▶ [Exercise]
Please output the data exactly, without omitting anything.

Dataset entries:
· · · ·
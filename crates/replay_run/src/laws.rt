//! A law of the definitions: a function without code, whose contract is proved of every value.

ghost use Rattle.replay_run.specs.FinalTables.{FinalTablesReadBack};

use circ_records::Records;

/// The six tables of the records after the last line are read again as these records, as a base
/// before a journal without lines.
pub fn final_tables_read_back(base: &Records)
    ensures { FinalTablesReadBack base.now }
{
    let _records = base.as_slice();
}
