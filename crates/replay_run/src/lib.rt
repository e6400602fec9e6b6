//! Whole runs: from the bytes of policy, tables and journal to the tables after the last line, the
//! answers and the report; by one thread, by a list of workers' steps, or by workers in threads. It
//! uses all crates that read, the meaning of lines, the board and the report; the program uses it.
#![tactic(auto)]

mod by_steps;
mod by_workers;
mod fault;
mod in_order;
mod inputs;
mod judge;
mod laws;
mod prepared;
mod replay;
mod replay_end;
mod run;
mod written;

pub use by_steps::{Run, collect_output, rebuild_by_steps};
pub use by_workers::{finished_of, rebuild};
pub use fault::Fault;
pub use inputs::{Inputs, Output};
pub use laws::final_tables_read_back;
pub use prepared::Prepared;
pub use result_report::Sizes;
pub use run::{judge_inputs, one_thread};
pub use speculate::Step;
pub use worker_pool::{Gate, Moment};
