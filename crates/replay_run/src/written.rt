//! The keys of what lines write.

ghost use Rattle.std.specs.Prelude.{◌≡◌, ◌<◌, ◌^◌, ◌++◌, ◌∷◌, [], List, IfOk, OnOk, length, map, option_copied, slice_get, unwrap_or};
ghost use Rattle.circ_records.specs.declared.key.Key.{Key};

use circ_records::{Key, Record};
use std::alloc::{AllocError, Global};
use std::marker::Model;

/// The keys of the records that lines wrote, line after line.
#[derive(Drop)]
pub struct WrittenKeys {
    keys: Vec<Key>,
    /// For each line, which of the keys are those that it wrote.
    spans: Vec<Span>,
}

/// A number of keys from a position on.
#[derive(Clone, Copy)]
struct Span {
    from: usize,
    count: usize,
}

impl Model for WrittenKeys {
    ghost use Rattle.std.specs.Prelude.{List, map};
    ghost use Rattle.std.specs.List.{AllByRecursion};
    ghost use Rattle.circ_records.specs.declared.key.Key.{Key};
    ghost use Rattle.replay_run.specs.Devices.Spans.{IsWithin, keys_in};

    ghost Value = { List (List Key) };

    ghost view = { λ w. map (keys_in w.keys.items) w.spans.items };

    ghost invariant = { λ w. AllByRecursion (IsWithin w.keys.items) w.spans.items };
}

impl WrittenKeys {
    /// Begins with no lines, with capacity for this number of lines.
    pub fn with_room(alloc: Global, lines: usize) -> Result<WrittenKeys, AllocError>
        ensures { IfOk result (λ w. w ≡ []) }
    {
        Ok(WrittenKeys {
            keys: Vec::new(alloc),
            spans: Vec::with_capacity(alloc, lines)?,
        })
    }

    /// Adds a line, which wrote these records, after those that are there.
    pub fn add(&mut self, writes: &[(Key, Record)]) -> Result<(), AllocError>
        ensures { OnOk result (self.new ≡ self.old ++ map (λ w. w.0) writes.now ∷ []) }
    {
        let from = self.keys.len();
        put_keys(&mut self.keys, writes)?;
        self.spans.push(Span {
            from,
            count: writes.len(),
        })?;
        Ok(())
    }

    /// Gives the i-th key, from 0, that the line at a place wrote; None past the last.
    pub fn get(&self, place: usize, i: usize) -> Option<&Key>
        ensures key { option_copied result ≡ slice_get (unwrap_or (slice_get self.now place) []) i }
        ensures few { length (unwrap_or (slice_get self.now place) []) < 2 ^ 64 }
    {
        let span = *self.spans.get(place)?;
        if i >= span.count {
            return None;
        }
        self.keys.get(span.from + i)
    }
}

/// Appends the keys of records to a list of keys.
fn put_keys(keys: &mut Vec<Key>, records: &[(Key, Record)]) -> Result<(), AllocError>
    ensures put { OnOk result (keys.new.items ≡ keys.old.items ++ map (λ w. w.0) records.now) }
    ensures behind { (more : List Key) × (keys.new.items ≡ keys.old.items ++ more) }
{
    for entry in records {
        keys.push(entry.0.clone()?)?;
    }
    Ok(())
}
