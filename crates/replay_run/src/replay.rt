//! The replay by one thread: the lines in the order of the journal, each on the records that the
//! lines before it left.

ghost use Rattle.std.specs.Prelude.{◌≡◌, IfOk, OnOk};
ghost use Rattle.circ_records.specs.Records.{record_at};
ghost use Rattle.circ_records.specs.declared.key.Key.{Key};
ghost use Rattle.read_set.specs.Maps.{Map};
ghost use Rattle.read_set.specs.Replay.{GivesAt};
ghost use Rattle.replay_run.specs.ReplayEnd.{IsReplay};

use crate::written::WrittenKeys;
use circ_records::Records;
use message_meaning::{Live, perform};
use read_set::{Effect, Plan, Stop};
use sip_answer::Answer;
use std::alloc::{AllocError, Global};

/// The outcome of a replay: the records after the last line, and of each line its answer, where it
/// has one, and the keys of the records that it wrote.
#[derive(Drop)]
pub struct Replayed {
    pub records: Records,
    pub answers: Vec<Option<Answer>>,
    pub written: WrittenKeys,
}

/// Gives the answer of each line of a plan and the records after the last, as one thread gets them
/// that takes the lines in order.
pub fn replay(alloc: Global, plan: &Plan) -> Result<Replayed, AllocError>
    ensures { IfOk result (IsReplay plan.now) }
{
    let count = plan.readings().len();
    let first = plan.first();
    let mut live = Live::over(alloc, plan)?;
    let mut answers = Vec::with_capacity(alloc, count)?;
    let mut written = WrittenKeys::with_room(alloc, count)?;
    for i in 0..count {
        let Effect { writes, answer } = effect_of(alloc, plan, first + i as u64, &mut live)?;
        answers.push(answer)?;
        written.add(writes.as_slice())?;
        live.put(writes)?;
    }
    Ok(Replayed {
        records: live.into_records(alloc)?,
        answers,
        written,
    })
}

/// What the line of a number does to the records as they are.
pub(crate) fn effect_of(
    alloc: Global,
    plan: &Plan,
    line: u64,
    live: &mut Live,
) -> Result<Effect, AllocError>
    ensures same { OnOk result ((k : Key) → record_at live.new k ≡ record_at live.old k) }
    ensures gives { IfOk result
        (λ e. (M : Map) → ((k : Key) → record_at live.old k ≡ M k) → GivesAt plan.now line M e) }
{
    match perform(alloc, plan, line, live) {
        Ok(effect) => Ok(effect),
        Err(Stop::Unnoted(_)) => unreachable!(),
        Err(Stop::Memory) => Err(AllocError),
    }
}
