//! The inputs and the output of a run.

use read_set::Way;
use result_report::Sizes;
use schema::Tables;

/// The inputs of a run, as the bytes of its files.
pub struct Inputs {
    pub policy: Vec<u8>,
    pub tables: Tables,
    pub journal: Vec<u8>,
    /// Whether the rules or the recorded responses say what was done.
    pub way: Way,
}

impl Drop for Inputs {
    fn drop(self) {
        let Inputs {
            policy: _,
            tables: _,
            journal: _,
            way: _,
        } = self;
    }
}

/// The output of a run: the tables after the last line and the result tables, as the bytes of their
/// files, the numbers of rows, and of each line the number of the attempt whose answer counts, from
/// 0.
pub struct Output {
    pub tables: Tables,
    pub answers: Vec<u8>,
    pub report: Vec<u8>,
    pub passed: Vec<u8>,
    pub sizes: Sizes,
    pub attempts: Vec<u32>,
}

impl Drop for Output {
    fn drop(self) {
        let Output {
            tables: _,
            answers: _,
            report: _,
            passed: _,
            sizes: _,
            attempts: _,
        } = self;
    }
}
· · · ·
▶ [Answer]
filename crates/replay_run/src/laws.rt
//! A law of the definitions: a function without code, whose contract is proved of every value.

ghost use Rattle.replay_run.specs.FinalTables.{FinalTablesReadBack};

use circ_records::Records;

/// The six tables of the records after the last line are read again as these records, as a base
/// before a journal without lines.
pub fn final_tables_read_back(base: &Records)
    ensures { FinalTablesReadBack base.now }
{
    let _records = base.as_slice();
}
filename crates/replay_run/src/lib.rt
repository e6400602fec9e6b6
//! Whole runs: from the bytes of policy, tables and journal to the tables after the last line, the
//! answers and the report; by one thread, by a list of workers' steps, or by workers in threads. It
//! uses all crates that read, the meaning of lines, the board and the report; the program uses it.
#![tactic(auto)]

mod by_steps;
mod by_workers;
mod fault;
mod in_order;
mod inputs;
mod judge;
mod laws;
mod prepared;
mod replay;
mod replay_end;
mod run;
mod written;

pub use by_steps::{Run, collect_output, rebuild_by_steps};
pub use by_workers::{finished_of, rebuild};
pub use fault::Fault;
pub use inputs::{Inputs, Output};
pub use laws::final_tables_read_back;
pub use prepared::Prepared;
pub use result_report::Sizes;
pub use run::{judge_inputs, one_thread};
pub use speculate::Step;
pub use worker_pool::{Gate, Moment};
filename crates/replay_run/src/written.rt
//! The keys of what lines write.

ghost use Rattle.std.specs.Prelude.{◌≡◌, ◌<◌, ◌^◌, ◌++◌, ◌∷◌, [], List, IfOk, OnOk, length, map, option_copied, slice_get, unwrap_or};
ghost use Rattle.circ_records.specs.declared.key.Key.{Key};

use circ_records::{Key, Record};
use std::alloc::{AllocError, Global};
use std::marker::Model;

/// The keys of the records that lines wrote, line after line.
#[derive(Drop)]
pub struct WrittenKeys {
    keys: Vec<Key>,
    /// For each line, which of the keys are those that it wrote.
    spans: Vec<Span>,
}

/// A number of keys from a position on.
#[derive(Clone, Copy)]
struct Span {
    from: usize,
    count: usize,
}

impl Model for WrittenKeys {
    ghost use Rattle.std.specs.Prelude.{List, map};
    ghost use Rattle.std.specs.List.{AllByRecursion};
    ghost use Rattle.circ_records.specs.declared.key.Key.{Key};
    ghost use Rattle.replay_run.specs.Devices.Spans.{IsWithin, keys_in};

    ghost Value = { List (List Key) };

    ghost view = { λ w. map (keys_in w.keys.items) w.spans.items };

    ghost invariant = { λ w. AllByRecursion (IsWithin w.keys.items) w.spans.items };
}

impl WrittenKeys {
    /// Begins with no lines, with capacity for this number of lines.
    pub fn with_room(alloc: Global, lines: usize) -> Result<WrittenKeys, AllocError>
        ensures { IfOk result (λ w. w ≡ []) }
    {
        Ok(WrittenKeys {
            keys: Vec::new(alloc),
            spans: Vec::with_capacity(alloc, lines)?,
        })
    }

    /// Adds a line, which wrote these records, after those that are there.
    pub fn add(&mut self, writes: &[(Key, Record)]) -> Result<(), AllocError>
        ensures { OnOk result (self.new ≡ self.old ++ map (λ w. w.0) writes.now ∷ []) }
    {
        let from = self.keys.len();
        put_keys(&mut self.keys, writes)?;
        self.spans.push(Span {
            from,
            count: writes.len(),
        })?;
        Ok(())
    }

    /// Gives the i-th key, from 0, that the line at a place wrote; None past the last.
    pub fn get(&self, place: usize, i: usize) -> Option<&Key>
        ensures key { option_copied result ≡ slice_get (unwrap_or (slice_get self.now place) []) i }
        ensures few { length (unwrap_or (slice_get self.now place) []) < 2 ^ 64 }
    {
        let span = *self.spans.get(place)?;
        if i >= span.count {
            return None;
        }
        self.keys.get(span.from + i)
    }
}

/// Appends the keys of records to a list of keys.
fn put_keys(keys: &mut Vec<Key>, records: &[(Key, Record)]) -> Result<(), AllocError>
    ensures put { OnOk result (keys.new.items ≡ keys.old.items ++ map (λ w. w.0) records.now) }
    ensures behind { (more : List Key) × (keys.new.items ≡ keys.old.items ++ more) }
{
    for entry in records {
        keys.push(entry.0.clone()?)?;
    }
    Ok(())
}
filename crates/replay_run/src/replay.rt
//! The replay by one thread: the lines in the order of the journal, each on the records that the
//! lines before it left.

ghost use Rattle.std.specs.Prelude.{◌≡◌, IfOk, OnOk};
ghost use Rattle.circ_records.specs.Records.{record_at};
ghost use Rattle.circ_records.specs.declared.key.Key.{Key};
ghost use Rattle.read_set.specs.Maps.{Map};
ghost use Rattle.read_set.specs.Replay.{GivesAt};
ghost use Rattle.replay_run.specs.ReplayEnd.{IsReplay};

use crate::written::WrittenKeys;
use circ_records::Records;
use message_meaning::{Live, perform};
use read_set::{Effect, Plan, Stop};
use sip_answer::Answer;
use std::alloc::{AllocError, Global};

/// The outcome of a replay: the records after the last line, and of each line its answer, where it
/// has one, and the keys of the records that it wrote.
#[derive(Drop)]
pub struct Replayed {
    pub records: Records,
    pub answers: Vec<Option<Answer>>,
    pub written: WrittenKeys,
}

/// Gives the answer of each line of a plan and the records after the last, as one thread gets them
/// that takes the lines in order.
pub fn replay(alloc: Global, plan: &Plan) -> Result<Replayed, AllocError>
    ensures { IfOk result (IsReplay plan.now) }
{
    let count = plan.readings().len();
    let first = plan.first();
    let mut live = Live::over(alloc, plan)?;
    let mut answers = Vec::with_capacity(alloc, count)?;
    let mut written = WrittenKeys::with_room(alloc, count)?;
    for i in 0..count {
        let Effect { writes, answer } = effect_of(alloc, plan, first + i as u64, &mut live)?;
        answers.push(answer)?;
        written.add(writes.as_slice())?;
        live.put(writes)?;
    }
    Ok(Replayed {
        records: live.into_records(alloc)?,
        answers,
        written,
    })
}

/// What the line of a number does to the records as they are.
pub(crate) fn effect_of(
    alloc: Global,
    plan: &Plan,
    line: u64,
    live: &mut Live,
) -> Result<Effect, AllocError>
    ensures same { OnOk result ((k : Key) → record_at live.new k ≡ record_at live.old k) }
    ensures gives { IfOk result
        (λ e. (M : Map) → ((k : Key) → record_at live.old k ≡ M k) → GivesAt plan.now line M e) }
{
    match perform(alloc, plan, line, live) {
        Ok(effect) => Ok(effect),
        Err(Stop::Unnoted(_)) => unreachable!(),
        Err(Stop::Memory) => Err(AllocError),
    }
}
//! The inputs and the output of a run.

use read_set::Way;
use result_report::Sizes;
use schema::Tables;

/// The inputs of a run, as the bytes of its files.
pub struct Inputs {
    pub policy: Vec<u8>,
    pub tables: Tables,
    pub journal: Vec<u8>,
    /// Whether the rules or the recorded responses say what was done.
    pub way: Way,
}

impl Drop for Inputs {
    fn drop(self) {
        let Inputs {
            policy: _,
            tables: _,
            journal: _,
            way: _,
        } = self;
    }
}

/// The output of a run: the tables after the last line and the result tables, as the bytes of their
/// files, the numbers of rows, and of each line the number of the attempt whose answer counts, from
/// 0.
pub struct Output {
    pub tables: Tables,
    pub answers: Vec<u8>,
    pub report: Vec<u8>,
    pub passed: Vec<u8>,
    pub sizes: Sizes,
    pub attempts: Vec<u32>,
}

impl Drop for Output {
    fn drop(self) {
        let Output {
            tables: _,
            answers: _,
            report: _,
            passed: _,
            sizes: _,
            attempts: _,
        } = self;
    }
}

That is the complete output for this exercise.